* ASSIGNED TASK *
Please repeat only the stretch of records running from the first line through the line that contains "fn fits_up_to(last: u64, a: u64, size: u64)".
ENTRIES SUPPLIED below:
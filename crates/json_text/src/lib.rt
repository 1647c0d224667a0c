//! What a JSON value is, its compact text, and the texts in it.
#![tactic(auto)]

mod content;
mod first;
pub mod laws;
mod order;
mod quote_bytes;
mod quotes;
mod runs;
mod space;
mod stretch;
mod text;

pub use content::{content_of, text_at};
pub use first::first_occurrences;
pub use quote_bytes::QuoteBytes;
pub use quotes::{push_quote, push_quoted, whole_or_cut};
pub use runs::{bare_end, digits_end, inert_end, quiet_end, run_end, skip_space};
pub use space::is_space;
pub use text::{FEW_MEMBERS, Member, Raw, Text};
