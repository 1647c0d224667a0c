//! The members of an object, held each by itself or by their places in a text.
#![tactic(auto)]

mod members;
mod push;
mod standing;

pub use members::Members;
pub use push::push_member;
pub use standing::Place;
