// PLAN: whether the images fit at a plan's addresses, and its imports' addresses in their fields.
#![tactic(auto)]

ghost use Rattle.std.specs.Prelude.{◌≡◌, ◌+◌, ◌<◌, length};
ghost use Rattle.format.specs.Layout.{address_limit};
ghost use Rattle.refusal.specs.Refusal.{is_refused};
ghost use Rattle.refusal.specs.Order.{first_of};
ghost use Rattle.loadable.specs.Valid.{Valid};
ghost use Rattle.history.specs.Plan.{Plan, fits, import_check, fit_check};
ghost use Rattle.plan.specs.Relocatable.{relocatable_of};

use history::Followed;
use loadable::Loadable;
use refusal::{PlanItem, Refusal};

// Whether `a` is an address up to `last`, and `size` bytes from it end there or before.
fn fits_up_to(last: u64, a: u64, size: u64) -> bool
    ensures { result ≡ fits (last + 1) a size }
{
    if last < a {
        return false;
    }
    if size == 0 {
        return true;
    }
    size - 1 <= last - a
}

// Whether PLAN refuses the list's address for the loader symbol with place `k`. The symbol is read only where its address is above `last`, the
// format's last one.
fn refuses_import(file: &[u8], l: Loadable, last: u64, list: &[u64], k: u64) -> bool
    requires valid { Valid file.now l × (length list.now ≡ l.tables.nsyms) × (k < l.tables.nsyms) }
    requires last_value { last + 1 ≡ address_limit l.layout.format }
    ensures { result ≡ is_refused (import_check (relocatable_of file.now l) list.now k) }
{
    if list[k as usize] <= last {
        return false;
    }
    let m = l.layout;
    let t = l.tables;
    let format = m.format;
    let start = t.symbols;
    let p = m.parts;
    let text = p.text;
    let number = text.number;
    let f = plan::followed_at(file, format, start, number, k);
    match f {
        Followed::Text => false,
        Followed::Data => false,
        Followed::Import(_, _) => true,
        Followed::Nothing => false,
    }
}

// PLAN of the lowest import.
fn check_imports(file: &[u8], l: Loadable, last: u64, list: &[u64]) -> Result<(), Refusal>
    requires valid { Valid file.now l × (length list.now ≡ l.tables.nsyms) }
    requires last_value { last + 1 ≡ address_limit l.layout.format }
    ensures { result ≡ first_of (import_check (relocatable_of file.now l) list.now) 0 l.tables.nsyms }
{
    let t = l.tables;
    for k in 0..t.nsyms {
        if refuses_import(file, l, last, list, k) {
            return Err(Refusal::Plan(PlanItem::ImportAddress(k + 3)));
        }
    }
    Ok(())
}

// PLAN: the text and data images' ends, then the lowest import. The data image counts the gap before bss and bss.
pub fn check_fit(
    file: &[u8],
    l: Loadable,
    text: u64,
    data: u64,
    list: &[u64],
) -> Result<(), Refusal>
    requires { Valid file.now l × (length list.now ≡ l.tables.nsyms) }
    ensures { result ≡ fit_check (relocatable_of file.now l) (record { text = text; dat = «data»; list = list.now }) }
{
    let m = l.layout;
    let p = m.parts;
    let section = p.text;
    let f = m.format;
    let last = format::last_address(f);
    if !fits_up_to(last.0, text, section.size) {
        return Err(Refusal::Plan(PlanItem::TextAddress));
    }
    if !fits_up_to(last.0, data, m.image) {
        return Err(Refusal::Plan(PlanItem::DataAddress));
    }
    check_imports(file, l, last.0, list)
}
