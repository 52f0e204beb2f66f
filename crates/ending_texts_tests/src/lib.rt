//! Tests of the texts of values and errors.
#![tactic(auto)]

#[cfg(test)]
mod texts;
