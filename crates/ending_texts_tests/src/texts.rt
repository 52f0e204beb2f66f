use debug_info::{Debug, SitePlace, SiteRow};
use ending_texts::{error_text, value_text};
use image::read;
use rv_machine::machine::Machine;
use rv_machine::sizes::Sizes;
use std::alloc::Global;
use std::test::Fail;

/// The objects of the statics, from 0x20000000 on.
const STATICS: [u64; 33] = [
    // the cons of NIL
    0x2000_0003,
    0x2000_0003,
    // 0x20000010: the symbol NIL
    1078,
    0x2000_0003,
    18,
    0x2000_0067,
    0,
    // 0x20000038: the symbol T
    1078,
    0x2000_003F,
    18,
    0x2000_007F,
    0,
    // 0x20000060: the string "NIL"
    3 * 256 + 14,
    0x49_0000_004E,
    0x4C,
    // 0x20000078: the string "T"
    256 + 14,
    0x54,
    // 0x20000088: a keyword of that name
    1078,
    0x2000_008F,
    18,
    0x2000_007F,
    4,
    // 0x200000B0: an uninterned symbol
    1078,
    10,
    18,
    0x2000_00DF,
    8,
    // 0x200000D8: a string of an é and of a number that is no character's
    2 * 256 + 14,
    0xD800_0000_00E9,
    // 0x200000E8: an integer, and behind it a cons of the keyword and the string "T"
    256 + 22,
    0x7FFF_FFFF_FFFF_FFFF,
    0x2000_008F,
    0x2000_007F,
];

/// The image of these statics, with one instruction: magic, version, the lengths of code, statics and debug, and the entry;
/// then code, statics and four empty tables.
fn machine(alloc: Global) -> Result<Machine, Fail> {
    let mut bytes = b"PYIM\x01\0\0\0".to_vec(alloc)?;
    for field in [4u64, 264, 16, 65_536] {
        bytes.extend_from_slice(&field.to_le_bytes())?;
    }
    bytes.extend_from_slice(&[0x73, 0, 0, 0])?;
    for word in STATICS {
        bytes.extend_from_slice(&word.to_le_bytes())?;
    }
    bytes.extend_from_slice(&[0; 16])?;
    let image = read(alloc, &bytes).ok().ok_or("the bytes are an image")?;
    let sizes = Sizes::new(16, 1024).ok_or("the sizes are lawful")?;
    Ok(Machine::load(alloc, &image, sizes)?)
}

/// Three sites: at 65,536 in the file at 0, at 65,544 in the third element of the list at 7, at 65,552 in the prelude.
fn debug(alloc: Global) -> Result<Debug, Fail> {
    let mut texts = Vec::new(alloc);
    for text in ["CHARACTER", "+", "LENGTH"] {
        texts
            .push(String::from_str(alloc, text)?)
            .ok()
            .ok_or("memory")?;
    }
    let mut sites = Vec::new(alloc);
    sites.push(SiteRow {
        pc: 65_536,
        place: SitePlace::File { offset: 0, tail: 0 },
        text: Some(0),
    })?;
    sites.push(SiteRow {
        pc: 65_544,
        place: SitePlace::File { offset: 7, tail: 2 },
        text: Some(1),
    })?;
    sites.push(SiteRow {
        pc: 65_552,
        place: SitePlace::Prelude { text: 2 },
        text: None,
    })?;
    let debug = Debug::checked(texts, sites, Vec::new(alloc), Vec::new(alloc));
    Ok(debug.ok_or("the tables keep the rules")?)
}

#[test]
fn values(rt: HostRuntime) -> Result<(), Fail> {
    let machine = machine(rt.alloc())?;
    for (word, text) in [
        (0x2000_0003, "NIL"),
        (0x2000_00B7, "#:é?"),
        (0x7F02, "#\\Rubout"),
        (0xFFFF_FFFF_FFFF_FFEC, "-5"),
        (0x2000_00EF, "9223372036854775807"),
        (0x2000_00FB, "(:T . \"T\")"),
        (0x4000_0007, "#<BAD>"),
    ] {
        let shown = value_text(rt.alloc(), &machine, word)?;
        assert_eq!(rt; shown.as_str(), text, "{word}");
    }
    Ok(())
}

#[test]
fn errors(rt: HostRuntime) -> Result<(), Fail> {
    let machine = machine(rt.alloc())?;
    let debug = debug(rt.alloc())?;
    for (kind, a, b, pc, text) in [
        (1, 0x2000_0003, 0, 65_540, "TYPE-ERROR NIL CHARACTER form=0"),
        (2, 12, 12, 65_548, "TYPE-ERROR 3 (INTEGER 0 2) form=7+2"),
        (2, 12, 0, 65_548, "TYPE-ERROR 3 NIL form=7+2"),
        (
            2,
            12,
            0x2000_00EF,
            65_548,
            "TYPE-ERROR 3 (INTEGER 0 9223372036854775806) form=7+2",
        ),
        (
            3,
            4,
            0xFFFF_FFFF_FFFF_FFEC,
            65_544,
            "INTEGER-OVERFLOW + 1 -5 form=7+2",
        ),
        (
            4,
            4,
            0,
            70_000,
            "DIVISION-BY-ZERO none 1 0 form=prelude:LENGTH",
        ),
        (5, 0x2000_003F, 0, 65_535, "UNBOUND-VARIABLE T form=none"),
        (6, 0x2000_003F, 0, 65_536, "UNDEFINED-FUNCTION T form=0"),
        (7, 0x2000_0003, 8, 65_536, "PROGRAM-ERROR NIL 2 form=0"),
        (8, 0x2000_008F, 0, 65_536, "CONTROL-ERROR :T form=0"),
        (9, 0, 0, 65_536, "END-OF-FILE form=0"),
        (
            10,
            0x4102,
            0x2000_0003,
            65_536,
            "SIMPLE-ERROR #\\A NIL form=0",
        ),
    ] {
        let shown = error_text(rt.alloc(), &machine, &debug, kind, a, b, 0, pc)?;
        assert_eq!(rt; shown.as_str(), text);
    }
    Ok(())
}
End of ENTRIES SUPPLIED.
* ANSWER TO THIS TASK *
filename crates/json_text/src/lib.rt
repository 1647c0d224667a0c
//! What a JSON value is, its compact text, and the texts in it.
#![tactic(auto)]

mod content;
mod first;
pub mod laws;
mod order;
mod quote_bytes;
mod quotes;
mod runs;
mod space;
mod stretch;
mod text;

pub use content::{content_of, text_at};
pub use first::first_occurrences;
pub use quote_bytes::QuoteBytes;
pub use quotes::{push_quote, push_quoted, whole_or_cut};
pub use runs::{bare_end, digits_end, inert_end, quiet_end, run_end, skip_space};
pub use space::is_space;
pub use text::{FEW_MEMBERS, Member, Raw, Text};
repository 1647c0d224667a0c
//! The members of an object, held each by itself or by their places in a text.
#![tactic(auto)]

mod members;
mod push;
mod standing;

pub use members::Members;
pub use push::push_member;
pub use standing::Place;
// PLAN: whether the images fit at a plan's addresses, and its imports' addresses in their fields.
#![tactic(auto)]

ghost use Rattle.std.specs.Prelude.{◌≡◌, ◌+◌, ◌<◌, length};
ghost use Rattle.format.specs.Layout.{address_limit};
ghost use Rattle.refusal.specs.Refusal.{is_refused};
ghost use Rattle.refusal.specs.Order.{first_of};
ghost use Rattle.loadable.specs.Valid.{Valid};
ghost use Rattle.history.specs.Plan.{Plan, fits, import_check, fit_check};
ghost use Rattle.plan.specs.Relocatable.{relocatable_of};

use history::Followed;
use loadable::Loadable;
use refusal::{PlanItem, Refusal};

// Whether `a` is an address up to `last`, and `size` bytes from it end there or before.
fn fits_up_to(last: u64, a: u64, size: u64) -> bool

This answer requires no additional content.